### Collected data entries
* * *

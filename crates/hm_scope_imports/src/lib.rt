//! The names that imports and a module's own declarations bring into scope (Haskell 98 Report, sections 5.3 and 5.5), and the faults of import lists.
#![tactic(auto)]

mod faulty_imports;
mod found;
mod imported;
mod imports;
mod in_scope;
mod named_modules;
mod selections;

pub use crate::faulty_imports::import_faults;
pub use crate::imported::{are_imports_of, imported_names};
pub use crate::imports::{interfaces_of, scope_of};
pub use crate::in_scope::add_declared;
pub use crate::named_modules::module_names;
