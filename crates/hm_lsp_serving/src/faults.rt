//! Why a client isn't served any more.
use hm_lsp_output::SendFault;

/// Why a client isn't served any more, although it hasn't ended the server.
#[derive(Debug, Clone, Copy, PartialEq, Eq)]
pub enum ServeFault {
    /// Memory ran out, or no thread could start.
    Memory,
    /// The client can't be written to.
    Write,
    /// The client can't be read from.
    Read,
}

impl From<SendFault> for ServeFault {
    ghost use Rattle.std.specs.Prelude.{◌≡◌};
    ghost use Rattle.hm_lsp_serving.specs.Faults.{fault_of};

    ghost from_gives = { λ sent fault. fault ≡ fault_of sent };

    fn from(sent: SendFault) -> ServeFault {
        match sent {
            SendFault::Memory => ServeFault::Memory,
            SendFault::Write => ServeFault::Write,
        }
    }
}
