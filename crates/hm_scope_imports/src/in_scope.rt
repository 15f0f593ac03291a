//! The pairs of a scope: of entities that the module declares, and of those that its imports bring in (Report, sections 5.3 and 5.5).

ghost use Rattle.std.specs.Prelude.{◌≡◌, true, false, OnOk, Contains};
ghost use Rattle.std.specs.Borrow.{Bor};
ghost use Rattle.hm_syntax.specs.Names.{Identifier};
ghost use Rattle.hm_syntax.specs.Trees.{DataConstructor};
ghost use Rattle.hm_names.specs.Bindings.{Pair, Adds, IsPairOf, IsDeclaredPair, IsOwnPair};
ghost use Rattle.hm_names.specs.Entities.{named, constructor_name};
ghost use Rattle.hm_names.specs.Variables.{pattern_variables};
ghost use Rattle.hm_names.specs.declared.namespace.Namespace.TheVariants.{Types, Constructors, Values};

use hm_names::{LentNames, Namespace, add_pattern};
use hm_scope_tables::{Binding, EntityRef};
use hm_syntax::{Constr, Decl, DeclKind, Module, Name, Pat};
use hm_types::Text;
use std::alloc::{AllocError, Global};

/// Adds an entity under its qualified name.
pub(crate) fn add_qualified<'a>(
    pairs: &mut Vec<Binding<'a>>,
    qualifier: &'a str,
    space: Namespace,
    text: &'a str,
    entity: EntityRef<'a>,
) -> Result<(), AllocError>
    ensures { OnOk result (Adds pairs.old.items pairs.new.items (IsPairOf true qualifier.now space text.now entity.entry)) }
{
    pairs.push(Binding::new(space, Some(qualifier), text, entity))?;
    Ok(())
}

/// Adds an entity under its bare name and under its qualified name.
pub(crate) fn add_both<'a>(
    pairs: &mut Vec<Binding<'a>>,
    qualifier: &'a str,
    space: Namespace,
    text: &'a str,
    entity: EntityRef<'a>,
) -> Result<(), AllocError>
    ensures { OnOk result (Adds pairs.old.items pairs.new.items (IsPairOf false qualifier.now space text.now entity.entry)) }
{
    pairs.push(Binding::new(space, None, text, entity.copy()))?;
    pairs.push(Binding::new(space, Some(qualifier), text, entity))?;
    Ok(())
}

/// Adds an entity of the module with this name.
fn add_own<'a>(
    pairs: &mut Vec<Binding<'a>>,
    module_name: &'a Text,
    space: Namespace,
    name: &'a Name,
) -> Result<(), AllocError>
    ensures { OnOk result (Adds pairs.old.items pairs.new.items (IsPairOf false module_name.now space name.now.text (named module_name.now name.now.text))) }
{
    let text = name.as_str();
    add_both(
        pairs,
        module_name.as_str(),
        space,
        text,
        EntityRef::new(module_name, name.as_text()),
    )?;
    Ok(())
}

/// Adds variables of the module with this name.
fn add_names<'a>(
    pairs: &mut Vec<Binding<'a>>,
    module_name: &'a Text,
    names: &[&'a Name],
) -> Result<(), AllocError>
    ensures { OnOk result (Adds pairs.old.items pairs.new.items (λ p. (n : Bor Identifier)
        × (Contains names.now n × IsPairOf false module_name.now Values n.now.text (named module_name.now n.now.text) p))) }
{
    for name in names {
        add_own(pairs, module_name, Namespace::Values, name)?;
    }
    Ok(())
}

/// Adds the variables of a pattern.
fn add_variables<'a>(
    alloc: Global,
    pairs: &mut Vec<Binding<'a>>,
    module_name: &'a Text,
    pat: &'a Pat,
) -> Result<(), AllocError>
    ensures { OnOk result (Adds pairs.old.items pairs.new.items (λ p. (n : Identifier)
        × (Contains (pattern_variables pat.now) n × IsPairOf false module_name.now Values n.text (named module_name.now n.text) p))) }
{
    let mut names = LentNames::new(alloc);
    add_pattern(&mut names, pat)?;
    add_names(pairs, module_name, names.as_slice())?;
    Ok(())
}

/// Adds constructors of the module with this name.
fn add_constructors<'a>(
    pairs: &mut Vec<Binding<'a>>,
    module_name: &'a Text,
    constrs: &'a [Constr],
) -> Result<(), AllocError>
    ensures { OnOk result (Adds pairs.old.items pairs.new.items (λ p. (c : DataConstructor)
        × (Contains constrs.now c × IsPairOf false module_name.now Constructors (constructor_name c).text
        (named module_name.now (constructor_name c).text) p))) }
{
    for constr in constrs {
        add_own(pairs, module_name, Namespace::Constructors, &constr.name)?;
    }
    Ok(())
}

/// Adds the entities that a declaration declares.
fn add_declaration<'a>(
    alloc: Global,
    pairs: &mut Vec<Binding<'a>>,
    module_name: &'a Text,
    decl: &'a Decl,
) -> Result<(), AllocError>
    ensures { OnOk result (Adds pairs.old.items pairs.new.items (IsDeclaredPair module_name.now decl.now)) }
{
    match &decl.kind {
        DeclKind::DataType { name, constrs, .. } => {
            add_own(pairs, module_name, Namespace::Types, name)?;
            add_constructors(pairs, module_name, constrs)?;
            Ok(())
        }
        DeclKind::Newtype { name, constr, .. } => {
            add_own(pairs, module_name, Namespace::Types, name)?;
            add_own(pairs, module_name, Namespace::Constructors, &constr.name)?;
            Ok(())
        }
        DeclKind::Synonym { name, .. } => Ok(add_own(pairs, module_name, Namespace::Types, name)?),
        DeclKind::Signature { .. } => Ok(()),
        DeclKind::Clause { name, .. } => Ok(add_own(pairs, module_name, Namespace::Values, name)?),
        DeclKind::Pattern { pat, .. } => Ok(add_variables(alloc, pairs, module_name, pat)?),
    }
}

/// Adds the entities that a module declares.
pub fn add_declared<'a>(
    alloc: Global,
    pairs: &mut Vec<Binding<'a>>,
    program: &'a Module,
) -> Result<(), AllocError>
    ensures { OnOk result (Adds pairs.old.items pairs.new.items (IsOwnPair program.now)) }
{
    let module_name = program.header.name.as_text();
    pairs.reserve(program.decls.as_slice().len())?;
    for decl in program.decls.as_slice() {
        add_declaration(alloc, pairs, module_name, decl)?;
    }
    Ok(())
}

* * *

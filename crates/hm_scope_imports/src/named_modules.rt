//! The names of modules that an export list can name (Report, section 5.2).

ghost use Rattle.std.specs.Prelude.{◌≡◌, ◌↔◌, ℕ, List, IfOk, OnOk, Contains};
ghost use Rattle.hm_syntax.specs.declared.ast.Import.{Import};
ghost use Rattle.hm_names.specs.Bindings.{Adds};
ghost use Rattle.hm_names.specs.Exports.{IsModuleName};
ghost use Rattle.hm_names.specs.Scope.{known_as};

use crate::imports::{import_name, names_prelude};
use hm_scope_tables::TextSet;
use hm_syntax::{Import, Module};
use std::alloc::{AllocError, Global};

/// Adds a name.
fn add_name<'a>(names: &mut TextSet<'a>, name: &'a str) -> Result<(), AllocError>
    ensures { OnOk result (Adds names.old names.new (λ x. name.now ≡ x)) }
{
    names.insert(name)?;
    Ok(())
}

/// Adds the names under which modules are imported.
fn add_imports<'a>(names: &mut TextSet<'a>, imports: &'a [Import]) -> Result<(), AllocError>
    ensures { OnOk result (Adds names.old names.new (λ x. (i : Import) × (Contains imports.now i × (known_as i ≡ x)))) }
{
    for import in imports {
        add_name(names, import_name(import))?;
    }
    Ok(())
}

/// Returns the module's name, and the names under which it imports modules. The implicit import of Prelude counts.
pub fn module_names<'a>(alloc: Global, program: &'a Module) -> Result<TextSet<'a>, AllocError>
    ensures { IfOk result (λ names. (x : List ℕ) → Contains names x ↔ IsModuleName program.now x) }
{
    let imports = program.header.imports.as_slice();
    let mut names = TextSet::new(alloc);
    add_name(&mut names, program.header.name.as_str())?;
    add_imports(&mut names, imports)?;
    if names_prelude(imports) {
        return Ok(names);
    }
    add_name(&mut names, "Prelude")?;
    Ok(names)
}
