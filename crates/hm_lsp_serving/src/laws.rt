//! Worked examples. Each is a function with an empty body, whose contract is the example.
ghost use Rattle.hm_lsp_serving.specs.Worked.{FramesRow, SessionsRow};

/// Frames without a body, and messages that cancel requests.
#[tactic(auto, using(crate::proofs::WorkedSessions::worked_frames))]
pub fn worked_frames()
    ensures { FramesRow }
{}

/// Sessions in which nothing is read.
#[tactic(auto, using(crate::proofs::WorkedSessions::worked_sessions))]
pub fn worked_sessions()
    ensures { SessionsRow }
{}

* * *

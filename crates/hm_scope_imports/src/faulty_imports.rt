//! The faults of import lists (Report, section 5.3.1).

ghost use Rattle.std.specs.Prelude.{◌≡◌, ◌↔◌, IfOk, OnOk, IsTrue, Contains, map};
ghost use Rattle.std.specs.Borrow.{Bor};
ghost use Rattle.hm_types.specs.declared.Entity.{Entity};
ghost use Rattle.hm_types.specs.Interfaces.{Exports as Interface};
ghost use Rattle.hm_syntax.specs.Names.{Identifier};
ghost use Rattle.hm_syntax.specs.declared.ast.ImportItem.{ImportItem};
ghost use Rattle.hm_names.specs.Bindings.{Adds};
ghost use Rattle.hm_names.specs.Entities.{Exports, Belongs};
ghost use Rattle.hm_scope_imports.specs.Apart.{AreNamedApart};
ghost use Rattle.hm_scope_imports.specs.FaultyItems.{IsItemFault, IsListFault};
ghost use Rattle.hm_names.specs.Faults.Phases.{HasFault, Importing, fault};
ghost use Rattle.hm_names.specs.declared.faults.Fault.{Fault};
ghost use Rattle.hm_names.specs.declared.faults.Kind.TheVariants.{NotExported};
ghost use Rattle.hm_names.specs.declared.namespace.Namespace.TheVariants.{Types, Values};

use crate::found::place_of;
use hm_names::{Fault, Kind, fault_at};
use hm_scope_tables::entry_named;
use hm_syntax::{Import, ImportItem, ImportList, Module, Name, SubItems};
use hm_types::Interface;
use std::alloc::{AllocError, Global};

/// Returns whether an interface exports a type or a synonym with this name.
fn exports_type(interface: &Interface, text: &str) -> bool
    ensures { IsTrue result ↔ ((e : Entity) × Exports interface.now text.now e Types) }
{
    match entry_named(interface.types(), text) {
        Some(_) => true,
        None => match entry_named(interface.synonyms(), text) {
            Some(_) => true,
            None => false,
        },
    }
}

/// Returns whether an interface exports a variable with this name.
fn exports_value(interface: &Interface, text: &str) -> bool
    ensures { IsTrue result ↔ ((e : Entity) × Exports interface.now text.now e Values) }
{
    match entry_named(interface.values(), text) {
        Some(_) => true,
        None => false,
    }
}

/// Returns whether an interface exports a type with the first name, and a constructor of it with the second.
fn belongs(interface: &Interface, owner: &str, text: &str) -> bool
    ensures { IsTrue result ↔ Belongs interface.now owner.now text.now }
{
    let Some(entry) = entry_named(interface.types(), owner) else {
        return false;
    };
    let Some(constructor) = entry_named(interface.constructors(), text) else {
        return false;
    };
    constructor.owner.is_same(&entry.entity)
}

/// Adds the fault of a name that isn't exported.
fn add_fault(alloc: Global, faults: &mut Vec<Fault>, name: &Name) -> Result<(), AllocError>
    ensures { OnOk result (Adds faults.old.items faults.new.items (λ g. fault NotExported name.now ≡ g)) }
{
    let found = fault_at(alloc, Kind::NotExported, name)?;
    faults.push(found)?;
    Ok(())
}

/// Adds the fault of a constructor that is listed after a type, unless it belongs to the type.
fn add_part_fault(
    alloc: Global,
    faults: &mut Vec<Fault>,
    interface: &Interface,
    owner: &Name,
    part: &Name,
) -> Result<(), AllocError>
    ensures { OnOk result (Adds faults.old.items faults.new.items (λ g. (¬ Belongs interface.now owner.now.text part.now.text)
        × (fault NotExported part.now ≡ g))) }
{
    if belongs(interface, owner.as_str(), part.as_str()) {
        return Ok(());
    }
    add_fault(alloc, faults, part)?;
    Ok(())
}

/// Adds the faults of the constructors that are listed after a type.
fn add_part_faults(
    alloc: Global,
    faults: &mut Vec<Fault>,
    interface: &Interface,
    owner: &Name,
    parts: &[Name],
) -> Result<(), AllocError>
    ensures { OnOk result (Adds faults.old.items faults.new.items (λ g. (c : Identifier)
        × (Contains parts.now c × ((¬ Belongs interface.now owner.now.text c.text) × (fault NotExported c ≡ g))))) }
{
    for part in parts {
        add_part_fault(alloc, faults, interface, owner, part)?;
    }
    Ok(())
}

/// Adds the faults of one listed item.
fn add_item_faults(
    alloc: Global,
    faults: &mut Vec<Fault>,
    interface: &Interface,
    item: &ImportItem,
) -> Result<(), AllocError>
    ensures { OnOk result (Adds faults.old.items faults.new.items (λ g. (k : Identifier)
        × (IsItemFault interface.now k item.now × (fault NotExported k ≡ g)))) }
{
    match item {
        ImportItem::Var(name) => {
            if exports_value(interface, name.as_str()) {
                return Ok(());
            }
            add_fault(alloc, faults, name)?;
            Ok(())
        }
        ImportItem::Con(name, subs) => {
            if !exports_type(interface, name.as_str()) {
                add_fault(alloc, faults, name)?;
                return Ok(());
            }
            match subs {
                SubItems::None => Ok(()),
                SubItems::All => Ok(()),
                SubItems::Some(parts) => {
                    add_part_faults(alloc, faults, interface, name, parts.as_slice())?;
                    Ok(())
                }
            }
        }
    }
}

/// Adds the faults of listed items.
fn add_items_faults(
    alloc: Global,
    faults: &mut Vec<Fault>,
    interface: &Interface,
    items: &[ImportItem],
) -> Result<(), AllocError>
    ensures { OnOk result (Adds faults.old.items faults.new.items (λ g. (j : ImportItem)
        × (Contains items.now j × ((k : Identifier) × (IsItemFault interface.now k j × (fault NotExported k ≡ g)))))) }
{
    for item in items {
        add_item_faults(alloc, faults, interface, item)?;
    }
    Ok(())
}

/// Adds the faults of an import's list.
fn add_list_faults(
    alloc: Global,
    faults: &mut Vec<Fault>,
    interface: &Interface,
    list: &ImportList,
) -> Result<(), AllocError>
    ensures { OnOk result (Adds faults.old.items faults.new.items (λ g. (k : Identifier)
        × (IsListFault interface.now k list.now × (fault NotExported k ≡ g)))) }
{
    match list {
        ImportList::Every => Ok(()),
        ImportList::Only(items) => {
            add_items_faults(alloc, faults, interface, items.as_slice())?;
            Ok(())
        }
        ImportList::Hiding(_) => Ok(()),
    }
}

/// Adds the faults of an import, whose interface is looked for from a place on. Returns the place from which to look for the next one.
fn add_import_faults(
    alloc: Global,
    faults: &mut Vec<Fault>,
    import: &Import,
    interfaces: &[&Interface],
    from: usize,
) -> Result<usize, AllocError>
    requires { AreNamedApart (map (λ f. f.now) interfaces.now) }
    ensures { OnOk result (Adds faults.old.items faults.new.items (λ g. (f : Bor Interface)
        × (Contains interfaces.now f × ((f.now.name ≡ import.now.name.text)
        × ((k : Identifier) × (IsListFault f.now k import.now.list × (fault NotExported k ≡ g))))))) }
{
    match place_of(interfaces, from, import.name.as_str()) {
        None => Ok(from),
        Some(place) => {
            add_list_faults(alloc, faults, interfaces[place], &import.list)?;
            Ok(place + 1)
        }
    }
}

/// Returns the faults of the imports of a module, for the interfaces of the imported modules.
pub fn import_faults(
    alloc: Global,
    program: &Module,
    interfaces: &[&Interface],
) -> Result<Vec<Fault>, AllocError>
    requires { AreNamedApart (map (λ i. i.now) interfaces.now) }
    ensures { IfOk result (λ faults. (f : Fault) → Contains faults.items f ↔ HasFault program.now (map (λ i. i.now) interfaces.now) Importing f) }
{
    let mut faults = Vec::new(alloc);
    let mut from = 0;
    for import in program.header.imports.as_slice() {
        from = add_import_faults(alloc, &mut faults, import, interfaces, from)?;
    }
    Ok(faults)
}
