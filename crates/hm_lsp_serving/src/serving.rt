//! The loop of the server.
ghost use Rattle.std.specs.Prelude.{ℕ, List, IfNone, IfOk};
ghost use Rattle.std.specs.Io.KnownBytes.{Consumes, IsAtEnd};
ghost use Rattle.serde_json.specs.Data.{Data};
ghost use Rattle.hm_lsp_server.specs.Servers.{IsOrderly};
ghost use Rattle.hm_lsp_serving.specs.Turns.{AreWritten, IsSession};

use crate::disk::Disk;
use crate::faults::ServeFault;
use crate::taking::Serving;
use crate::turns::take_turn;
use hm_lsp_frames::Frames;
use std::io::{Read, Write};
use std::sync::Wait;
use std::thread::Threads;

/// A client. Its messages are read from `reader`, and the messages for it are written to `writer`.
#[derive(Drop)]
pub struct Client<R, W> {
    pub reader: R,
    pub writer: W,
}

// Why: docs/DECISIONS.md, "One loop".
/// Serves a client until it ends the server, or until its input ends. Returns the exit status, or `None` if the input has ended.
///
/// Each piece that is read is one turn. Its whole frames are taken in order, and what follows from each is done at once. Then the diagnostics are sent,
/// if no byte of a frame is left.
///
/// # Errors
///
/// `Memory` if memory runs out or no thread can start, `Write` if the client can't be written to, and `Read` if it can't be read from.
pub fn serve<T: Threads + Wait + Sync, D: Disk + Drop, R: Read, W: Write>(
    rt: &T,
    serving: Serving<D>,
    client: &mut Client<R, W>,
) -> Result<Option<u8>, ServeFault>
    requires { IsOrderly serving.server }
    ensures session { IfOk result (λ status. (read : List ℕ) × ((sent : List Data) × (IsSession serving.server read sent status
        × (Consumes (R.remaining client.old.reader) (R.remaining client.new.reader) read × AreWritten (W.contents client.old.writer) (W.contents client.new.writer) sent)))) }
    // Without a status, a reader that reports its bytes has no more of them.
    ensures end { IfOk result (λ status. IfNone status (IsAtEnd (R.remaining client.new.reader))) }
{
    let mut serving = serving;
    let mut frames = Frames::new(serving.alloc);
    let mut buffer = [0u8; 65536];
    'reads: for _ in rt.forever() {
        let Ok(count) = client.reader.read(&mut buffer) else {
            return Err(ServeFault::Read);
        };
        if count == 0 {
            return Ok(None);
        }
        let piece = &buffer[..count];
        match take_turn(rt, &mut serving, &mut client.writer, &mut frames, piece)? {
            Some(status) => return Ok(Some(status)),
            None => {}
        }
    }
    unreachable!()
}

* * *

### Description of the task
The lines above from the one containing "filename crates/hm_scope_imports/src/faulty_imports.rt" through the one containing "synonym with this name." are to be set down exactly, and no others.

### Your solution
filename crates/hm_scope_imports/src/faulty_imports.rt
//! The faults of import lists (Report, section 5.3.1).

ghost use Rattle.std.specs.Prelude.{◌≡◌, ◌↔◌, IfOk, OnOk, IsTrue, Contains, map};
ghost use Rattle.std.specs.Borrow.{Bor};
ghost use Rattle.hm_types.specs.declared.Entity.{Entity};
ghost use Rattle.hm_types.specs.Interfaces.{Exports as Interface};
ghost use Rattle.hm_syntax.specs.Names.{Identifier};
ghost use Rattle.hm_syntax.specs.declared.ast.ImportItem.{ImportItem};
ghost use Rattle.hm_names.specs.Bindings.{Adds};
ghost use Rattle.hm_names.specs.Entities.{Exports, Belongs};
ghost use Rattle.hm_scope_imports.specs.Apart.{AreNamedApart};
ghost use Rattle.hm_scope_imports.specs.FaultyItems.{IsItemFault, IsListFault};
ghost use Rattle.hm_names.specs.Faults.Phases.{HasFault, Importing, fault};
ghost use Rattle.hm_names.specs.declared.faults.Fault.{Fault};
ghost use Rattle.hm_names.specs.declared.faults.Kind.TheVariants.{NotExported};
ghost use Rattle.hm_names.specs.declared.namespace.Namespace.TheVariants.{Types, Values};

use crate::found::place_of;
use hm_names::{Fault, Kind, fault_at};
use hm_scope_tables::entry_named;
use hm_syntax::{Import, ImportItem, ImportList, Module, Name, SubItems};
use hm_types::Interface;
use std::alloc::{AllocError, Global};

/// Returns whether an interface exports a type or a synonym with this name.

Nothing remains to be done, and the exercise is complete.